Legislation Creeps Forward for Bankrupt Banks
Unlike other topics in Congress, there have been a few steps forward in legislation that governs rules about big failing banks that are forced to enter into bankruptcy proceedings following the financial crisis.
Rewriting Bankruptcy Law
On Monday the House passed bipartisan legislation that will rewrite bankruptcy law that applies to big U.S. banks as well as other financial firms, such as insurance companies. The new legislation is supported by Wall Street banks, but critics feel it favors big banks over their trading partners and does little to prevent other future bailouts of big banks by taxpayers. But prospects for the legislation’s passing in the Senate aren’t clear now that control has flipped from the Democrats to the Republicans.
The 2010 law that was enacted as an overhaul of previous laws gave the Federal Deposit Insurance Corp. (FDIC) authority to seize as well as dismantle any big bank or financial firm capable of collapsing and threatening the broader system.

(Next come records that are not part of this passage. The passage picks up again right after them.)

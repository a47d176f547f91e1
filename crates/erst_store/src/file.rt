//! The bytes of a store's file in memory, from which a record is removed in place.
ghost use Rattle.std.specs.Prelude.{◌≡◌, ℕ, ◌+◌, ◌<◌, ◌≤◌, ◌++◌, length, take, drop, IsFalse};
ghost use Rattle.std.specs.List.{flat_map};
ghost use Rattle.ras_base.specs.LittleEndian.{u32_bytes};
ghost use Rattle.erst_store.specs.Store.{IsStore, holds, without};
ghost use Rattle.erst_store.specs.StoreFile.{record_bytes, store_bytes};
ghost use Rattle.erst_store.specs.Steps.View.{StandsAt};

use crate::reading::{HEADING_LENGTH, MAGIC, RECORD_HEADING_LENGTH};
use crate::store::Store;
use std::marker::Model;

/// The bytes of a store's file.
///
/// Most clears remove a record near the front. So the file begins at `start`, and a removal moves
/// only the bytes before the record.
#[derive(Drop)]
pub struct StoreFile {
    bytes: Vec<u8>,
    start: usize,
}

impl Model for StoreFile {
    ghost use Rattle.std.specs.Prelude.{ℕ, ◌≤◌, List, length, drop};

    ghost Value = { List ℕ };

    ghost view = { λ f. drop f.start f.bytes.items };

    ghost invariant = { λ f. f.start ≤ length f.bytes.items };
}

impl StoreFile {
    /// Returns the file with these bytes.
    pub fn new(bytes: Vec<u8>) -> StoreFile
        ensures { result ≡ bytes.items }
    {
        StoreFile { bytes, start: 0 }
    }

    /// Returns the file's bytes.
    pub fn as_slice(&self) -> &[u8]
        ensures { result.now ≡ self.now }
    {
        &self.bytes[self.start..]
    }

    /// Removes the record under an identifier from the file of `store`, and returns whether one was
    /// there. Requires that these are the bytes of the store's file.
    pub fn remove(&mut self, store: &Store, id: u64) -> bool
        requires { self.old ≡ store_bytes store.now }
        ensures there { result ≡ holds id store.now }
        ensures rest { self.new ≡ store_bytes (without id store.now) }
        ensures none { IsFalse result → self.new ≡ self.old }
    {
        match store.place(id) {
            Some(place) => {
                self.remove_at(store, id, place);
                true
            }
            None => false,
        }
    }

    // Removes the record at the place of its identifier.
    fn remove_at(&mut self, store: &Store, id: u64, place: usize)
        requires file { self.old ≡ store_bytes store.now }
        requires there { StandsAt id store.now place }
        requires kept { IsStore store.now }
        ensures { self.new ≡ store_bytes (without id store.now) }
    {
        let before = length_before(store, place);
        self.cut(before, RECORD_HEADING_LENGTH + store.bytes(place).len());
        self.set_count(store.len() as u32 - 1);
    }

    // Removes this many bytes from the offset `at` on: turns them to the front, and begins after
    // them.
    fn cut(&mut self, at: usize, count: usize)
        requires { at + count ≤ length self.old }
        ensures { self.new ≡ take at self.old ++ drop (at + count) self.old }
    {
        let end = self.start + at + count;
        self.bytes[self.start..end].rotate_left(at);
        self.start += count;
    }

    // Writes the number of records into the heading.
    fn set_count(&mut self, count: u32)
        requires { 12 ≤ length self.old }
        ensures { self.new ≡ take 8 self.old ++ u32_bytes count ++ drop 12 self.old }
    {
        let place = self.start + MAGIC.len();
        self.bytes[place..place + 4].copy_from_slice(&count.to_le_bytes());
    }
}

// Returns the number of bytes of a store's file before the record at an index.
fn length_before(store: &Store, place: usize) -> usize
    requires within { place < length store.now }
    requires kept { IsStore store.now }
    ensures { result ≡ 12 + length (flat_map record_bytes (take place store.now)) }
{
    let mut before = HEADING_LENGTH;
    for i in 0..place {
        before += RECORD_HEADING_LENGTH + store.bytes(i).len();
    }
    before
}
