//! Laws of the device's actions and of a store's file, stated without following the code.
ghost use Rattle.std.specs.Prelude.{◌≡◌, ◌≢◌, ℕ, ◌+◌, ◌^◌, ◌<◌, ◌≤◌, ◌++◌, [], ◌∷◌, List, false, length, drop, None, Some, Ok};
ghost use Rattle.ras_base.specs.LittleEndian.{AreBytes, number_at};
ghost use Rattle.erst_store.specs.Actions.{execute_operation, check_busy_status, get_command_status, get_record_identifier, get_record_count, range_length};
ghost use Rattle.erst_store.specs.Store.{Stored, SameBut, IsStore, all_ones, ids, bytes_under, refusal_of, with_record, without};
ghost use Rattle.erst_store.specs.StoreFile.{LacksRecord, store_bytes};
ghost use Rattle.erst_store.specs.StoreReading.{file_at, store_at};
ghost use Rattle.erst_store.specs.Device.{Device, act, with_put, range_with, new_device, id_at, length_at, record_at, is_record_out, id_place, length_place};
ghost use Rattle.erst_store.specs.DeviceLaws.{IsDevice, MayChange, id_changed, listing, after_listings, left_to_list, listed_to_end};

use crate::{MOST_BYTES, MOST_RECORDS, RANGE_LENGTH};

/// The laws of the device's actions.
pub fn action_laws()
    // The store changes only by EXECUTE under a write or a clear.
    ensures kept { (action : ℕ) (d : Device) → ¬ MayChange action d
        → (act action d).store ≡ d.store }
    // It changes only at one identifier: all other records keep their bytes and their order.
    ensures one { (action : ℕ) (d : Device)
        → SameBut (id_changed d.command d) d.store (act action d).store }

    // EXECUTE drops the Value register.
    ensures forgets { (value : ℕ) (d : Device)
        → act execute_operation (record d { value = value }) ≡ act execute_operation d }

    // The actions that return something put it into Value.
    ensures busy { (d : Device) → (act check_busy_status d).value < 2 }
    ensures status { (d : Device) → (act get_command_status d).value < 2 ^ 8 }
    ensures id { (d : Device) → IsDevice d → (act get_record_identifier d).value < 2 ^ 64 }
    ensures count { (d : Device) → IsDevice d → (act get_record_count d).value < 2 ^ 32 }

    // From any cursor a listing gives the identifiers from there on, in the store's order, and then
    // all ones. After that it starts again from the first. It changes nothing else.
    ensures listed { (d : Device)
        → listing (left_to_list d) d ≡ drop d.cursor (ids d.store) ++ all_ones ∷ [] }
    ensures anew { (d : Device) → after_listings (left_to_list d) d ≡ listed_to_end d }
    ensures all { (d : Device) → d.cursor ≡ 0 → left_to_list d ≡ length d.store + 1 }

    // The identifier and the length of the record that a write finds in the range are those in the
    // record's header.
    ensures identifier { (range : List ℕ) (offset : ℕ) → is_record_out range offset ≡ false
        → number_at id_place 8 (record_at range offset) ≡ id_at range offset }
    ensures size { (range : List ℕ) (offset : ℕ) → is_record_out range offset ≡ false
        → number_at length_place 4 (record_at range offset) ≡ length_at range offset }
{}

/// The laws of a store after a put.
pub fn store_laws()
    // The bytes that were put are found under their identifier, and under every other identifier
    // the bytes that were there before.
    ensures own { (id : ℕ) (bytes : List ℕ) (records : List Stored)
        → bytes_under id (with_record id bytes records) ≡ Some bytes }
    ensures others { (id other : ℕ) (bytes : List ℕ) (records : List Stored) → id ≢ other
        → bytes_under other (with_record id bytes records) ≡ bytes_under other records }
{}

/// The laws of a store's file.
pub fn file_laws()
    // The bytes of a store are read as that store.
    ensures again { (records : List Stored) → IsStore records
        → file_at (store_bytes records) ≡ Ok records }
    // Whatever bytes are read, the result is a store, which is empty if they aren't a store file.
    ensures store { (bytes : List ℕ) → AreBytes bytes → IsStore (store_at bytes) }
    // The file of a store without one of its records counts one record less and lacks that record's
    // bytes. All other bytes are the same, in their order.
    ensures less { (id : ℕ) (bytes : List ℕ) (records : List Stored) → IsStore records
        → bytes_under id records ≡ Some bytes
        → LacksRecord (record { id = id; bytes = bytes }) (store_bytes records)
        (store_bytes (without id records)) }
{}

/// The numbers that limit a store and its device.
pub fn numbers_in_digits()
    ensures records { MOST_RECORDS ≡ 1_024 }
    ensures bytes { MOST_BYTES ≡ 16_384 }
    ensures range { RANGE_LENGTH ≡ 16_384 }
{}

/// Every call on a device leaves a device.
pub fn device_laws()
    ensures new { (store : List Stored) (slow : ℕ) → IsStore store → slow < 2 ^ 64
        → IsDevice (new_device store slow) }
    ensures action { (action : ℕ) (d : Device) → IsDevice d → action < 2 ^ 64
        → IsDevice (act action d) }
    ensures value { (value : ℕ) (d : Device) → IsDevice d → value < 2 ^ 64
        → IsDevice (record d { value = value }) }
    ensures range { (place : ℕ) (bytes : List ℕ) (d : Device) → IsDevice d → AreBytes bytes
        → place + length bytes ≤ range_length
        → IsDevice (record d { range = range_with place bytes d.range }) }
    ensures put { (id : ℕ) (bytes : List ℕ) (d : Device) → IsDevice d → id < 2 ^ 64 → AreBytes bytes
        → refusal_of id bytes d.store ≡ None → IsDevice (with_put id bytes d) }

    // A put leaves the store with the record, and starts the listing of identifiers again from the
    // first.
    ensures stored { (id : ℕ) (bytes : List ℕ) (d : Device)
        → with_put id bytes d ≡ record d { store = with_record id bytes d.store; cursor = 0 } }
{}
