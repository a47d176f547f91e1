//! The store of error records behind an error record serialization device, and the device itself.
//!
//! A store contains records of bytes under identifiers, and is read and written as one file. The
//! device has the state that its two registers and its address range show, and does the actions of
//! ACPI 6.5, section 18.5, "Error Serialization".
//!
//! A public function with an empty body is a law: its clauses are the point.
#![tactic(auto)]

pub mod actions;
mod device;
mod file;
mod laws;
mod reading;
mod store;

pub use actions::RANGE_LENGTH;
pub use device::{Command, CommandStatus, Dev};
pub use file::StoreFile;
pub use laws::{action_laws, device_laws, file_laws, numbers_in_digits, store_laws};
pub use reading::StoreRefused;
pub use store::{MOST_BYTES, MOST_RECORDS, PutRefused, Store};
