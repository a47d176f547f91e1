//! The record store.
ghost use Rattle.std.specs.Prelude.{◌≡◌, ◌<◌, ◌≤◌, length, [], Option, Some, false, nat_eq, IfOk, OnOk, OnErr, slice_get};
ghost use Rattle.std.specs.List.{position};
ghost use Rattle.std.specs.Bool.{IsFalse};
ghost use Rattle.std.specs.Option.{option_map};
ghost use Rattle.erst_store.specs.Store.{Fits, IsStore, ids, contents, holds, bytes_under, with_record, without, refusal_of, AnswersRefusal, SameBut};
ghost use Rattle.erst_store.specs.Steps.View.{views, StandsAt, Places, Finds};

use ras_base::NoMemory;
use std::alloc::Global;
use std::marker::Model;
use thiserror::Error;

/// The most records that a store contains.
pub const MOST_RECORDS: usize = 1024;

/// The most bytes of a record.
pub const MOST_BYTES: usize = 16_384;

/// Why a record can't be put: the first reason that applies, in this order.
#[derive(Clone, Copy, Debug, PartialEq, Eq, Drop, Error)]
pub enum PutRefused {
    /// The identifier is 0 or all ones, which no record has.
    #[error("the identifier is 0 or all ones, which name no record")]
    ReservedId,
    /// There are more than `MOST_BYTES` bytes.
    #[error("the record has more than {MOST_BYTES} bytes")]
    TooLong,
    /// The store has `MOST_RECORDS` records, none of them under this identifier.
    #[error("the store holds {MOST_RECORDS} records, none of them under this identifier")]
    StoreFull,
    /// Memory ran out.
    #[error("memory ran out")]
    NoMemory,
}

impl From<NoMemory> for PutRefused {
    ghost use Rattle.erst_store.specs.declared.store.PutRefused.TheVariants.{NoMemory};

    ghost from_gives = { λ _ e. e ≡ NoMemory };

    fn from(_: NoMemory) -> Self {
        PutRefused::NoMemory
    }
}

// A record under its identifier.
#[derive(Drop)]
struct Record {
    id: u64,
    bytes: Vec<u8>,
}

/// Error records, each under its own identifier, in the order in which their identifiers were first
/// stored.
#[derive(Drop)]
pub struct Store {
    alloc: Global,
    records: Vec<Record>,
}

impl Model for Store {
    ghost use Rattle.std.specs.Prelude.{List};
    ghost use Rattle.erst_store.specs.Store.{Stored, IsStore};
    ghost use Rattle.erst_store.specs.Steps.View.{views};

    ghost Value = { List Stored };

    ghost view = { λ s. views s.records.items };

    ghost invariant = { λ s. IsStore (views s.records.items) };
}

impl Store {
    /// Returns an empty store.
    pub fn new(alloc: Global) -> Store
        ensures { result ≡ [] }
    {
        Store {
            alloc,
            records: Vec::new(alloc),
        }
    }

    /// Puts a record under an identifier. It replaces the record under that identifier, or else
    /// comes after all others.
    ///
    /// Each error is returned if and only if it is the first that applies. The store is then
    /// unchanged.
    pub fn put(&mut self, id: u64, bytes: &[u8]) -> Result<(), PutRefused>
        ensures ok { OnOk result (self.new ≡ with_record id bytes.now self.old) }
        ensures err { OnErr result (self.new ≡ self.old) }
        ensures refused { AnswersRefusal result (refusal_of id bytes.now self.old) }
        ensures found { OnOk result (bytes_under id self.new ≡ Some bytes.now) }
        ensures others { SameBut id self.old self.new }
        ensures kept { OnOk result (IsStore self.new) }
    {
        if let Some(refused) = self.refusal(id, bytes) {
            return Err(refused);
        }
        match self.place(id) {
            Some(place) => self.replace(id, place, bytes)?,
            None => self.push(id, bytes)?,
        }
        Ok(())
    }

    /// Returns why `put` would refuse this record however much memory there is, or `None` if it
    /// wouldn't.
    pub fn refusal(&self, id: u64, bytes: &[u8]) -> Option<PutRefused>
        ensures { result ≡ refusal_of id bytes.now self.now }
    {
        if id == 0 || id == u64::MAX {
            return Some(PutRefused::ReservedId);
        }
        if bytes.len() > MOST_BYTES {
            return Some(PutRefused::TooLong);
        }
        if self.len() == MOST_RECORDS && self.place(id).is_none() {
            return Some(PutRefused::StoreFull);
        }
        None
    }

    /// Returns a copy of the store.
    pub fn copy(&self, alloc: Global) -> Result<Store, NoMemory>
        ensures { IfOk result (λ store. store ≡ self.now) }
    {
        let records = copies(alloc, &self.records)?;
        Ok(Store { alloc, records })
    }

    /// Returns how many records the store has.
    pub fn len(&self) -> usize
        ensures count { result ≡ length self.now }
        ensures kept { IsStore self.now }
    {
        self.records.len()
    }

    /// Returns the identifier of a record by its index in the store's order, from 0. The index has
    /// to be below `len`.
    pub fn id(&self, i: usize) -> u64
        requires { i < length self.now }
        ensures { slice_get (ids self.now) i ≡ Some result }
    {
        self.records[i].id
    }

    /// Returns the bytes of a record by its index in the store's order, from 0. The index has to be
    /// below `len`.
    pub fn bytes(&self, i: usize) -> &[u8]
        requires { i < length self.now }
        ensures there { slice_get (contents self.now) i ≡ Some result.now }
        ensures short { length result.now ≤ 16384 }
    {
        &self.records[i].bytes
    }

    // Returns the index of the record under an identifier.
    pub(crate) fn place(&self, id: u64) -> Option<usize>
        ensures place { Places id self.now result }
        ensures kept { IsStore self.now }
    {
        place_of(&self.records, id)
    }

    // Returns whether the store is empty.
    pub(crate) fn is_empty(&self) -> bool
        ensures { result ≡ nat_eq (length self.now) 0 }
    {
        self.len() == 0
    }

    // Returns the bytes under an identifier.
    pub(crate) fn find(&self, id: u64) -> Option<&[u8]>
        ensures { Finds id self.now (option_map (λ bytes. bytes.now) result) }
    {
        let _kept = self.len();
        match self.place(id) {
            Some(place) => Some(self.bytes(place)),
            None => None,
        }
    }

    // Removes the record under an identifier, and returns whether one was there.
    pub(crate) fn remove(&mut self, id: u64) -> bool
        ensures there { result ≡ holds id self.old }
        ensures rest { self.new ≡ without id self.old }
        ensures none { IsFalse result → self.new ≡ self.old }
        ensures kept { IsStore self.new }
    {
        match self.place(id) {
            Some(place) => {
                self.remove_at(id, place);
                true
            }
            None => false,
        }
    }

    // Removes the record at the index of its identifier.
    fn remove_at(&mut self, id: u64, place: usize)
        requires { StandsAt id self.old place }
        ensures rest { self.new ≡ without id self.old }
        ensures kept { IsStore self.new }
    {
        let _ = self.records.remove(place);
    }

    // Replaces the bytes of the record at an index.
    fn replace(&mut self, id: u64, place: usize, bytes: &[u8]) -> Result<(), NoMemory>
        requires there { StandsAt id self.old place }
        requires short { length bytes.now ≤ 16384 }
        ensures ok { OnOk result (self.new ≡ with_record id bytes.now self.old) }
        ensures err { OnErr result (self.new ≡ self.old) }
        ensures kept { IsStore self.new }
    {
        let bytes = Vec::from_slice(self.alloc, bytes)?;
        self.records[place] = Record { id, bytes };
        Ok(())
    }

    // Appends a record under a new identifier.
    fn push(&mut self, id: u64, bytes: &[u8]) -> Result<(), NoMemory>
        requires new { holds id self.old ≡ false }
        requires fits { Fits (record { id = id; bytes = bytes.now }) }
        requires room { length self.old < 1024 }
        ensures ok { OnOk result (self.new ≡ with_record id bytes.now self.old) }
        ensures err { OnErr result (self.new ≡ self.old) }
        ensures kept { IsStore self.new }
    {
        let bytes = Vec::from_slice(self.alloc, bytes)?;
        self.records.push(Record { id, bytes })?;
        Ok(())
    }
}

// Returns a copy of the records.
fn copies(alloc: Global, records: &[Record]) -> Result<Vec<Record>, NoMemory>
    ensures { IfOk result (λ copied. views copied.items ≡ views records.now) }
{
    let mut copied = Vec::with_capacity(alloc, records.len())?;
    for record in records {
        let bytes = Vec::from_slice(alloc, &record.bytes)?;
        copied.push(Record {
            id: record.id,
            bytes,
        })?;
    }
    Ok(copied)
}

// Returns the index of the record under an identifier.
fn place_of(records: &[Record], id: u64) -> Option<usize>
    ensures { result ≡ position (λ r. nat_eq r.id id) records.now }
{
    records.iter().position(|record| record.id == id)
}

If the new legislation passes, the FDIC is still able to take over a failing firm’s parent company. But any healthy subsidiaries of that company will be able to continue any operations. Additionally, the legislation would be able to provide relief to banks or financial firms in bankruptcy of some of the legal obligations to holds to other banks and its trading partners. And the partner banks and companies would be forced to wait several days prior to canceling some financial transactions. Chief sponsors of the bill, Reps. Bob Goodlatte (Virginia), Spencer Bachus (Alabama), and Dem. John Coyers (Michigan), say the bill “removes potential obstacles to an efficient bankruptcy of a financial institution.”